EXERCISE DESCRIPTION — Copy each line from the records below in which the word "reached" is found.

INPUT DATA —
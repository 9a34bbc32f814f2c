//! Registers by their names, and the size of an atomic operation by that of its memory operand.

ghost use Rattle.std.specs.Prelude.{◌≡◌};
ghost use Rattle.insn_set.specs.Table.{named};
ghost use Rattle.text_line.specs.inside.Reading.{atomic_size_of, registers};

use insn_set::{AccessSize, AtomicSize, Reg, named};
use words::{BITS_32, BITS_64, UNSIGNED};

/// The size of an atomic operation whose memory operand has the size `size`; `signed` if this is written as signed, as in `*(s32 *)`. An
/// atomic operation is on 4 or 8 bytes (RFC 9669, section 5.3), which are not signed: `None` for any other operand.
pub(crate) fn atomic_size(signed: bool, size: AccessSize) -> Option<AtomicSize>
    ensures { result ≡ atomic_size_of signed size }
{
    match (signed, size) {
        (UNSIGNED, AccessSize::Word) => Some(AtomicSize::Word),
        (UNSIGNED, AccessSize::Double) => Some(AtomicSize::Double),
        _ => None,
    }
}

/// Looks up `name` among the names of registers, and returns a Boolean and the register. The Boolean is `true` if the name is one of all 64
/// bits of the register (`r0` to `r10`), `false` if it is one of the low 32 (`w0` to `w10`). `None` if no register has the name. The table
/// in the code has the rows of that in the definitions (`registers`): by the contract a look-up (`named`) gives the same in both.
pub(crate) fn register_named(name: &str) -> Option<(bool, Reg)>
    ensures { result ≡ named registers name.now }
{
    let (wide, number) = named(
        &[
            ("r0", (BITS_64, 0)),
            ("r1", (BITS_64, 1)),
            ("r2", (BITS_64, 2)),
            ("r3", (BITS_64, 3)),
            ("r4", (BITS_64, 4)),
            ("r5", (BITS_64, 5)),
            ("r6", (BITS_64, 6)),
            ("r7", (BITS_64, 7)),
            ("r8", (BITS_64, 8)),
            ("r9", (BITS_64, 9)),
            ("r10", (BITS_64, 10)),
            ("w0", (BITS_32, 0)),
            ("w1", (BITS_32, 1)),
            ("w2", (BITS_32, 2)),
            ("w3", (BITS_32, 3)),
            ("w4", (BITS_32, 4)),
            ("w5", (BITS_32, 5)),
            ("w6", (BITS_32, 6)),
            ("w7", (BITS_32, 7)),
            ("w8", (BITS_32, 8)),
            ("w9", (BITS_32, 9)),
            ("w10", (BITS_32, 10)),
        ],
        name,
    )?;
    Some((wide, Reg::new(number)))
}
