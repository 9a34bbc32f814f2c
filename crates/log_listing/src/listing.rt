//! The listing of a program with its verdict, or its graph.

ghost use Rattle.std.specs.Prelude.{◌≢◌, IfOk, string_bytes};
ghost use Rattle.log_facts.specs.Said.{EndsInVerdict};

use crate::control::live_jumps;
use crate::graph::graph_of;
use crate::lines::{ListingInput, write_lines};
use crate::steps::steps_of;
use insn_codec::Program;
use log_facts::{Judged, LogStyle, is_of_shape, write_verdict};
use std::alloc::{AllocError, Global};
use tagged_model::Named;
use verifier::{Cost, VerifyFault};

/// The text of a listing as lines: one for each instruction, then the verdict. `input` has the program, and for each instruction that the
/// pass reached the facts as text: what is new before it (style `New`) or all that is known there (style `Whole`). If the program is
/// rejected (`verdict` is `Err`), the last line before the verdict is that of the rejected instruction, and `why`, the reason in words,
/// follows the verdict; for an accepted program `why` is not used. By the clause the text is whole lines, and then the lines of the cost
/// and `accepted`, or the line of the refusal and any text after it. `AllocError`: out of memory.
fn lines_of(
    alloc: Global,
    input: &ListingInput<'_>,
    verdict: Result<Cost, VerifyFault>,
    why: &str,
) -> Result<String, AllocError>
    ensures { IfOk result (λ text. EndsInVerdict verdict (string_bytes text)) }
{
    let last = verdict.map_or_else(|fault| fault.slot, |_| input.program.slots());
    let mut text = String::new(alloc);
    write_lines(&mut text, input, last)?;
    write_verdict(&mut text, verdict, why)?;
    Ok(text)
}

/// The listing of `program`, which was verified while descriptors named the objects of `named`. `judged` has the verdict, and the facts
/// before each instruction that the pass reached; a program whose shape has a fault (`is_of_shape`) has no pass, and so no facts. `style`
/// selects lines with what is new before each instruction (`New`), lines with all facts before it (`Whole`), or a graph (`Graph`). `why`
/// has the reason of a rejection in words and a line feed, and is empty for an accepted program. Lines end with the verdict and then `why`;
/// a graph has both only after a rejection, in the block of the rejected instruction. Of lines the contract says that they are whole lines,
/// then the verdict, and after that of a rejection any text (`EndsInVerdict`); of a graph it says nothing.
///
/// # Errors
///
/// `AllocError`: out of memory for the text.
pub fn listing_of(
    alloc: Global,
    program: &Program,
    named: &[Named],
    judged: &Judged,
    style: LogStyle,
    why: &str,
) -> Result<String, AllocError>
    ensures { style ≢ LogStyle.Graph
        → IfOk result (λ text. EndsInVerdict judged.now.verdict (string_bytes text)) }
{
    let Judged { known, verdict } = judged;
    let steps = steps_of(alloc, program, named, known, style == LogStyle::Whole)?;
    let jumps = live_jumps(alloc, program, &steps)?;
    let input = ListingInput {
        program,
        steps: &steps,
        jumps: &jumps,
        has_pass: !verdict.is_err_and(|fault| is_of_shape(fault.reason)),
    };
    match style {
        LogStyle::New | LogStyle::Whole => lines_of(alloc, &input, *verdict, why),
        LogStyle::Graph => graph_of(alloc, &input, verdict.err(), why),
    }
}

RESPONSE TO THE EXERCISE —
/// pass reached the facts as text: what is new before it (style `New`) or all that is known there (style `Whole`). If the program is
/// before each instruction that the pass reached; a program whose shape has a fault (`is_of_shape`) has no pass, and so no facts. `style`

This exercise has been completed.